El caso del nemuritor


A medianoche, un día de julio, estábamos mi vecino don Jorge y yo sentados con tranquilidad en su terraza donde me habló del Universo del que según él se extraen todos los misterios de la ciencia y de historia. Decía sobre los alquimistas, y de cómo la alquimia trataba de práctica protocientífica y disciplina filosófica que combina elementos de  química, metalurgia, física, medicina,  astrología,  semiótica, misticismo, espiritualismo y arte. Luego paso a la historia.   Mis conocimientos sobre historia no son pequeños aunque no soy una autoridad, ni mucho menos, pero lo que iba contando don Jorge eran cosas que jamás había oído, acontecimientos con detalle asombroso y con datos y citas que jamás había oído. Contó como en el siglo XVII un grupo de franceses, ingleses y holandeses desde la isla San Cristóbal en el Caribe empezaron comerciando con los galeones españoles y luego acabaron pirateándolos. A estos bucaneros, decía que los sorprendió Exquemalin haciendo grabados de sus habituales quehaceres de una manera tan precisa como ingenua. Don Jorge llamaba a los bucaneros con sus nombres y procedencia como si los hubiera conocido, como a Pierre Legrand, Fançois Lolonois, Bartolomé “El Portugues”, Rok Brasiliano, Montbars o Lewis Scott. Decía de este último que gustaba de comer la carne cruda, y de Brasiliano que en cuestión de compañía le daba a todos los palos. Lo que no deja de ser un chisme.
Oyendo estas cosas y otras, de la guerra de Sucesión española o de la primera Gran Guerra, se detenía en tantos detalles que parecía los hubiera vivido en persona. Cuando le pregunté cómo conocía tanto detalle de acontecimientos tan lejanos, en los que los documentos y archivos no suelen detenerse en contar, se sonrió. –Bueno. Dijo. –Yo no los he conocido, ni he vivido esos acontecimientos pero, como se que tu eres una persona seria y no cierras tu mente a las cosas que se salen de la normalidad, te diré que  sí conozco a una persona que ha vivido personalmente todo esto que te he contado.  Se hizo entre nosotros un silencio largo. Él me estaba dando tiempo para pensar y yo me lo estaba tomando. Luego con toda la carga de misterio asumida le contesté:- ¿Quién? – Te diré su nombre actual que no es el propio que tiene, y que solo él está autorizado para desvelarlo. Yo desde luego no, mientras no me lo autorice.

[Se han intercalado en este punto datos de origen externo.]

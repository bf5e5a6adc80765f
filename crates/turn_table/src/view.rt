//! What a seat knows, as the rule of the table reads it. No value of these types is made.
use std::collections::LinkedList;

/// A turn of the history: the name of the seat that made it, its event and its reply.
pub struct Row<E, R> {
    /// A clause reads an array as a list, of any length.
    pub seat: [u64; 0],
    pub event: E,
    pub reply: R,
}

/// A name and its own turns.
pub struct Named<E, R> {
    pub name: [u64; 0],
    pub own: LinkedList<Row<E, R>>,
}

/// What one seat knows.
pub struct View<V, E, R> {
    /// 0 where it is spent, 1 with no ticket, 2 with a ticket, 3 where it is served.
    pub stage: u64,
    pub ticket: u64,
    /// The numbers of the splits that led to it, the first seat's none.
    pub name: [u64; 0],
    /// How often it was split.
    pub splits: u64,
    /// The value that the history began with.
    pub opening: Option<V>,
    /// The turns that it has seen.
    pub seen: LinkedList<Row<E, R>>,
    /// What the seat that was joined last had seen, until both have met.
    pub met: LinkedList<Row<E, R>>,
    /// Its own turns.
    pub own: LinkedList<Row<E, R>>,
    /// The names and turns of the seats that were joined into it, or into one that it took in.
    pub kept: LinkedList<Named<E, R>>,
}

Se hace llamar Monsieur Surmont. Y, si te interesa, le invito a cenar una noche y que te hable de todo lo que te pueda interesar. – De acuerdo. Le dije y poco después, cuando estaban encima, las estrellas Vega, Daneb y Altair, al frente de sus constelaciones, me retiré a dormir no sin la inquietud propia de estar ante un misterio que debía investigar, y del que , en principio no daba veracidad, pero tampoco se la quitaba.
Durante las siguientes semanas estuve indagando sobre el nombre de Surmont y entre las imágenes que daba la red estaba la de un hombre joven que me era muy conocido.   Saqué una copia y se la llevé a abuelo del primo Manuel. Pese a sus 98 años tenía la cabeza en muy buen estado y conocía prácticamente todo. Es de esas personas que se pasaron la vida leyendo y aprendiendo y ahora, lo que es la memoria remota, la conservaba en casi perfecto estado, escuchándolo los datos y referencia de todo lo que había vivido. Llegué hasta su casa, una de esas que nos hacen creer que empezamos a parecer hormigas, y Manuel me llevó directamente hasta la pequeña terraza, donde pasaba todo el día el viejecito viviendo sus momentos, cargados de amplios silencios en los que  removía sus recuerdos. Manuel me presentó y, nada verme dijo: -Joder Manolo, ¿como no me voy a acordar si le he llevado mas de una vez a la escuela? (y era verdad). Después, tomo la foto que copié de la red y mirándome me dijo: - Este es Surmont el amigo de mi abuelo. Era mucho mas joven que él, vino desde Inglaterra y nos contaba cosas prodigiosas como si las hubiera vivido sobre los acontecimientos del siglo XIX  y del XVIII. Fue alquimista famoso. La verdad es que nunca le creía hasta que el año pasado me hizo una visita y vi que estaba igual de joven que cuando yo era un niño. Creo que su verdadero nombre era el de un noble francés, pero en este momento no me acuerdo.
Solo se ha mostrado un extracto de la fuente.